=== Section Start ===

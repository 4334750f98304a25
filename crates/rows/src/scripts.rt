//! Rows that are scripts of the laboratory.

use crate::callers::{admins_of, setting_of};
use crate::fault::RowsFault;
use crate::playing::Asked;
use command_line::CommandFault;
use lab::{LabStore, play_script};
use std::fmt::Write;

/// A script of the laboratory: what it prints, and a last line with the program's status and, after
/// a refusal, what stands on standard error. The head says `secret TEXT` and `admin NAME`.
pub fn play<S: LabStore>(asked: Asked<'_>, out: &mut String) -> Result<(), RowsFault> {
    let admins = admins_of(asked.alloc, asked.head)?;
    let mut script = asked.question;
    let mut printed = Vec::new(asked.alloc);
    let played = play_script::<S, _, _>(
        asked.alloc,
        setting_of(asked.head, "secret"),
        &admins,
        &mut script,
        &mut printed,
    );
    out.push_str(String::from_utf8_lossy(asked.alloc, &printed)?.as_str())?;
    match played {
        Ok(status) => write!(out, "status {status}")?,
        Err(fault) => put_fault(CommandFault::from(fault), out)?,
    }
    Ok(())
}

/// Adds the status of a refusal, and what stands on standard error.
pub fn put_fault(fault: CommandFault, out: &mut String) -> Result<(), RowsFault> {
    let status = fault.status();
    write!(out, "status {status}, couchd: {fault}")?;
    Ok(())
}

=== Section End ===
=== Section Start ===

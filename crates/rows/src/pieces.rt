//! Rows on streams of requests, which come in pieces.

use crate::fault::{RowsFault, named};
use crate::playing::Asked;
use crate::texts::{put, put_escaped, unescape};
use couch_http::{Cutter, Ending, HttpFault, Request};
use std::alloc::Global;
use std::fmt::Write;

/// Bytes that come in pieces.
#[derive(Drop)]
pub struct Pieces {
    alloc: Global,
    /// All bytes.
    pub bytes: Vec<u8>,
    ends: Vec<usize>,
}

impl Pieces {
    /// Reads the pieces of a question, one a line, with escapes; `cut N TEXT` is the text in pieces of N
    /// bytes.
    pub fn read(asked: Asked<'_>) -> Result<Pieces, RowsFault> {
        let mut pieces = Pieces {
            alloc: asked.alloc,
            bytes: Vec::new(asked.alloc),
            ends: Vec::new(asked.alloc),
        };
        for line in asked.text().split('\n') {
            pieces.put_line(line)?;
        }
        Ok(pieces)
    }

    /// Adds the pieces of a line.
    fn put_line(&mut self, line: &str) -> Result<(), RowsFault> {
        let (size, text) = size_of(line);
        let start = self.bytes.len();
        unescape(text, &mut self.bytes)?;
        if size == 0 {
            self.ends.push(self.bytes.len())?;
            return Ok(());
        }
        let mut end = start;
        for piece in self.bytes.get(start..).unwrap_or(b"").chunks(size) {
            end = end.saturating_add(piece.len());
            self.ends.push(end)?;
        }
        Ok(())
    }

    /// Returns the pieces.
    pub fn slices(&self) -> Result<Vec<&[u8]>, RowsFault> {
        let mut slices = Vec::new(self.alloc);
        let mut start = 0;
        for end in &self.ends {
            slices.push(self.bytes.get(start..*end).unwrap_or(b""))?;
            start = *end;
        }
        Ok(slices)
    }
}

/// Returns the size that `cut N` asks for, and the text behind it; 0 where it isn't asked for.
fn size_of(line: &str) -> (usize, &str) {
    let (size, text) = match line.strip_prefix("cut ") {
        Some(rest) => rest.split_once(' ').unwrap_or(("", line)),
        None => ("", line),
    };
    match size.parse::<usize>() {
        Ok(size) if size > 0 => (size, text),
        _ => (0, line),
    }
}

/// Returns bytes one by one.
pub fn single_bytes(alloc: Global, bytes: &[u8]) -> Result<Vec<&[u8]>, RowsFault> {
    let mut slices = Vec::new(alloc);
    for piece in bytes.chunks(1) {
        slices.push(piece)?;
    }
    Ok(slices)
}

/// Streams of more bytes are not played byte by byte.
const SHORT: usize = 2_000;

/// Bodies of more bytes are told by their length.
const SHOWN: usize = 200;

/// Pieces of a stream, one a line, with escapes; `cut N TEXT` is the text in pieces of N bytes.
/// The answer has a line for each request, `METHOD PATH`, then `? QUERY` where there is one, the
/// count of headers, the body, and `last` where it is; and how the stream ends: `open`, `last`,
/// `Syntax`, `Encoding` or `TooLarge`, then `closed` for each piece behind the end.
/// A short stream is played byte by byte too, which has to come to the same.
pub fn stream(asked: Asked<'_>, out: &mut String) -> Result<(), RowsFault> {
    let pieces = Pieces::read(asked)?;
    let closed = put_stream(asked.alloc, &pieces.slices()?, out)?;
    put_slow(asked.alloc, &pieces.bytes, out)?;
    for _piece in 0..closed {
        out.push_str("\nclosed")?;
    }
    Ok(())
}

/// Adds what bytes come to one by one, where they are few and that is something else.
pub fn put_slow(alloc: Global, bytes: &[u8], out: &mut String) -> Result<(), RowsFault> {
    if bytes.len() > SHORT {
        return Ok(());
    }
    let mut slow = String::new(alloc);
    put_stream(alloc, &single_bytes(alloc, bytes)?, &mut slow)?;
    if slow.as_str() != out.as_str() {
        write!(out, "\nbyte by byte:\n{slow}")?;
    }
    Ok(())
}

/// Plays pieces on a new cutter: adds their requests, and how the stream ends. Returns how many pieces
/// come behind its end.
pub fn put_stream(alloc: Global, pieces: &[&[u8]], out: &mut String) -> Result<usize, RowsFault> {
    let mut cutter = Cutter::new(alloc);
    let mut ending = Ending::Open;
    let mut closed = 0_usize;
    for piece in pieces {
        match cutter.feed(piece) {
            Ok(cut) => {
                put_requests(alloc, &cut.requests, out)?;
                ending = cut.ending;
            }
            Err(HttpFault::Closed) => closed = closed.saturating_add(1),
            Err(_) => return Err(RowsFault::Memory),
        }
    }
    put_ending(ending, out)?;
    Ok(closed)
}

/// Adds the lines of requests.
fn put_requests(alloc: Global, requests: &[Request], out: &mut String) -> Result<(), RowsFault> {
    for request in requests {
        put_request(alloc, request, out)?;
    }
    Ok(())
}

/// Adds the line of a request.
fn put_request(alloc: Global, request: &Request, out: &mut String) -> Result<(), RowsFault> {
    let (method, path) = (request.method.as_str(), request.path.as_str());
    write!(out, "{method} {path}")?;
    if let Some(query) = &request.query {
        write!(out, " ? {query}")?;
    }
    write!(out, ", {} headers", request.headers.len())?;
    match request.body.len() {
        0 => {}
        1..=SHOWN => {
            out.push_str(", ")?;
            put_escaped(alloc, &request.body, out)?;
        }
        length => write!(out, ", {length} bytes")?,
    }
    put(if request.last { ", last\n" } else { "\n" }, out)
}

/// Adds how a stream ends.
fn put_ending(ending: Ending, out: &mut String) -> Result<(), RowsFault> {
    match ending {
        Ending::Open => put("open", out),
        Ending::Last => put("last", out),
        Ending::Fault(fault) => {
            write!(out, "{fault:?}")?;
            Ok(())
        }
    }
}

=== Section End ===

From the records above, give again exactly the lines running from the line with "repository 4334750f98304a25" to the line with "let mut printed = Vec::new(asked.alloc);", inclusive.

repository 4334750f98304a25
filename crates/rows/src/scripts.rt
//! Rows that are scripts of the laboratory.

use crate::callers::{admins_of, setting_of};
use crate::fault::RowsFault;
use crate::playing::Asked;
use command_line::CommandFault;
use lab::{LabStore, play_script};
use std::fmt::Write;

/// A script of the laboratory: what it prints, and a last line with the program's status and, after
/// a refusal, what stands on standard error. The head says `secret TEXT` and `admin NAME`.
pub fn play<S: LabStore>(asked: Asked<'_>, out: &mut String) -> Result<(), RowsFault> {
    let admins = admins_of(asked.alloc, asked.head)?;
    let mut script = asked.question;
    let mut printed = Vec::new(asked.alloc);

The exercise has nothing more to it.